Jak zapewne wiecie, należę do organizacji studenckiej AIESEC (KLIK), która skupia członków na całym świecie i zajmuje się studenckimi wymianami tj. wolontariatami i praktykami we współpracujących firmach.
Co jest unikatowego w tej organizacji? Daje realne doświadczenie w zakresie organizacji oraz marketingu, pozwala rozwinąć język obcy w kontaktach międzynarodowych, poznaje się masę fantastycznych ludzi z całego świata i, co też ważne dla studenta, przeprowadzane w niej projekty ogromnie punktują w późniejszym CV.
Ostatnio, na przykład, nasz komitet zajmuje się promocją fantastycznych opcji wolontariatów (KLIK) i praktyk zagranicznych (KLIK).
Przejdźmy jednak do rzeczy. W maju nasz komitet ma odwiedzić czworo praktykantów z Azji. Ja natomiast zostałam wyznaczona do organizowania im czasu wolnego, czyli różnych wycieczek po okolicy, wypadów, zwiedzania miasta. Ogromnie cieszy mnie ta możliwość, gdyż lubię swoje rodzinne miasto i chętnie pokażę je przybyłym od najfajniejszej strony. Poza tym dodatkowo rozwinę język i wachlarz znajomości. Zresztą na moim blogu widać chyba jak bardzo Azję kocham i jak bardzo chciałabym tam kiedyś pojechać. Na razie jak widać to Azja musi przyjechać do mnie, chlip.

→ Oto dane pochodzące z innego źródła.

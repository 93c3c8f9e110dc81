// What the rules of ignore files leave out.
ghost use Rattle.std.specs.Prelude.{◌≡◌, ◌<◌, ◌++◌, [], IfOk, OnOk, false, length};
ghost use Rattle.ignore_rules.specs.Lines.{as_rule, rules_in};
ghost use Rattle.ignore_rules.specs.Ignored.{as_rules, decided, ignores, is_about, is_below};
ghost use Rattle.ignore_rules.specs.Tables.{IsClear};

use crate::fit_table::fit;
use crate::lines::{Rule, rule_of};
use crate::parts::{SLASH, cut};
use crate::paths::{before_names, inner_path};
use std::alloc::{AllocError, Allocator};

/// The rules of ignore files, in order. A rule decides before those above it.
#[derive(Drop)]
pub struct Rules<A: Allocator> {
    alloc: A,
    rules: Vec<Rule<A>, A>,
}

// Whether a rule is about this path, of a folder or not.
fn is_about<A: Allocator>(table: &mut [bool], rule: &Rule<A>, path: &[u8], is_folder: bool) -> bool
    requires room { length path.now < length table.old }
    requires clear { IsClear table.old }
    ensures value { result ≡ is_about is_folder path.now (as_rule rule.now) }
    ensures clear { IsClear table.new }
{
    if rule.folders_only && !is_folder {
        return false;
    }
    fit(table, rule.signs.as_slice(), path)
}

impl<A: Allocator + Copy> Rules<A> {
    /// No rules.
    pub fn new(alloc: A) -> Rules<A>
        ensures { as_rules result ≡ [] }
    {
        Rules {
            alloc,
            rules: Vec::new(alloc),
        }
    }

    /// Adds the rules of an ignore file in a folder, by the path of the folder from the root on and the text of the
    /// file. Lines end with a line feed, and maybe a carriage return before it.
    pub fn add(&mut self, folder: &str, text: &[u8]) -> Result<(), AllocError>
        ensures { OnOk result (as_rules self.new ≡ as_rules self.old ++ rules_in folder.now text.now) }
    {
        let before = before_names(self.alloc, folder.as_bytes())?;
        let mut rest = Some(text);
        while let Some(left) = rest {
            let (line, more) = cut(left, b'\n');
            if let Some(rule) = rule_of(self.alloc, before.as_slice(), line)? {
                self.rules.push(rule)?;
            }
            rest = more;
        }
        Ok(())
    }

    // The last rule about a path decides. The table is a clear one with more places than the path.
    fn decide(&self, table: &mut [bool], path: &[u8], is_folder: bool) -> bool
        requires room { length path.now < length table.old }
        requires clear { IsClear table.old }
        ensures value { result ≡ decided is_folder path.now false (as_rules self.now) }
        ensures clear { IsClear table.new }
    {
        let mut ignored = false;
        for rule in &self.rules {
            if is_about(table, rule, path, is_folder) {
                ignored = !rule.keeps;
            }
        }
        ignored
    }

    // Whether one of the folders above a path is left out.
    fn is_below(&self, table: &mut [bool], path: &[u8]) -> bool
        requires room { length path.now < length table.old }
        requires clear { IsClear table.old }
        ensures value { result ≡ is_below (as_rules self.now) [] path.now }
        ensures clear { IsClear table.new }
    {
        for (index, byte) in path.iter().enumerate() {
            if *byte == SLASH && self.decide(table, &path[..index], true) {
                return true;
            }
        }
        false
    }

    /// Whether the rules leave out the file or the folder at a path from the root on, or a folder above it. One with a
    /// name `..`, or the root, is not left out.
    pub fn ignore(&self, path: &str, is_folder: bool) -> Result<bool, AllocError>
        ensures { IfOk result (λ it. it ≡ ignores (as_rules self.now) path.now is_folder) }
    {
        let Some(inner) = inner_path(self.alloc, path.as_bytes())? else {
            return Ok(false);
        };
        let mut table = vec![in self.alloc; false; inner.len()]?;
        table.push(false)?;
        let is_left_out = self.is_below(table.as_mut_slice(), inner.as_slice())
            || self.decide(table.as_mut_slice(), inner.as_slice(), is_folder);
        Ok(is_left_out)
    }
}
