// The parts of a text between bytes.
ghost use Rattle.std.specs.Prelude.{◌≡◌, ◌==◌, ◌<◌, ◌∷◌, [], IfSome, MatchOption, length, position};
ghost use Rattle.ignore_rules.specs.Parts.{parts};

/// What separates the names of a path.
pub const SLASH: u8 = b'/';

// Where the first of these bytes is.
fn first_of(text: &[u8], byte: u8) -> Option<usize>
    ensures first { result ≡ position (λ it. it == byte) text.now }
    ensures within { IfSome result (λ at. at < length text.now) }
{
    text.iter().position(|it| *it == byte)
}

/// The text before the first of these bytes, and the one after it, if there is such a byte.
pub fn cut(text: &[u8], byte: u8) -> (&[u8], Option<&[u8]>)
    ensures { MatchOption result.1 (parts byte text.now ≡ result.0.now ∷ [])
        (λ rest. (parts byte text.now ≡ result.0.now ∷ parts byte rest.now) × (length rest.now < length text.now)) }
{
    match first_of(text, byte) {
        Some(end) => (&text[..end], Some(&text[end + 1..])),
        None => (text, None),
    }
}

No więc, z tego co się dowiedziałam, mogę oczekiwać chłopaka z Singapuru, kolesia z Indonezji i dwóch chińskich lasek studiujących w Singapurze. Mimo, że to Azja, to jednak każde państwo ma odmienną kulturę, więc spotkania z nimi na pewno będą szalenie ciekawe.
Jeśli będziecie chcieli (a sądzę, że pewnie tak), to po 13-stym maja (dzień ich przyjazdu) mogę poświęcić parę notek rzeczom, których zapewne się od nich dowiem. Oczywiście historie prywatne nie bardzo wchodzą w grę, ale takie rzeczy jak opowieści o życiu codziennym w ich krajach byłyby zapewne fajne.
Jeśli się zgodzą, może zamieszczę jakieś zdjęcia :)
To na razie tyle. Gdyby ktoś z Was miał jakieś pytania na temat AIESEC, czy praktykantów, piszcie je w komentarzach od notki, która powstanie kiedy przyjadą. Postaram się delikatnie ich wypytać. To tyle na teraz, cya :)
A dokąd wy byście pojechali mając okazję uczestniczyć w takiej wymianie? :)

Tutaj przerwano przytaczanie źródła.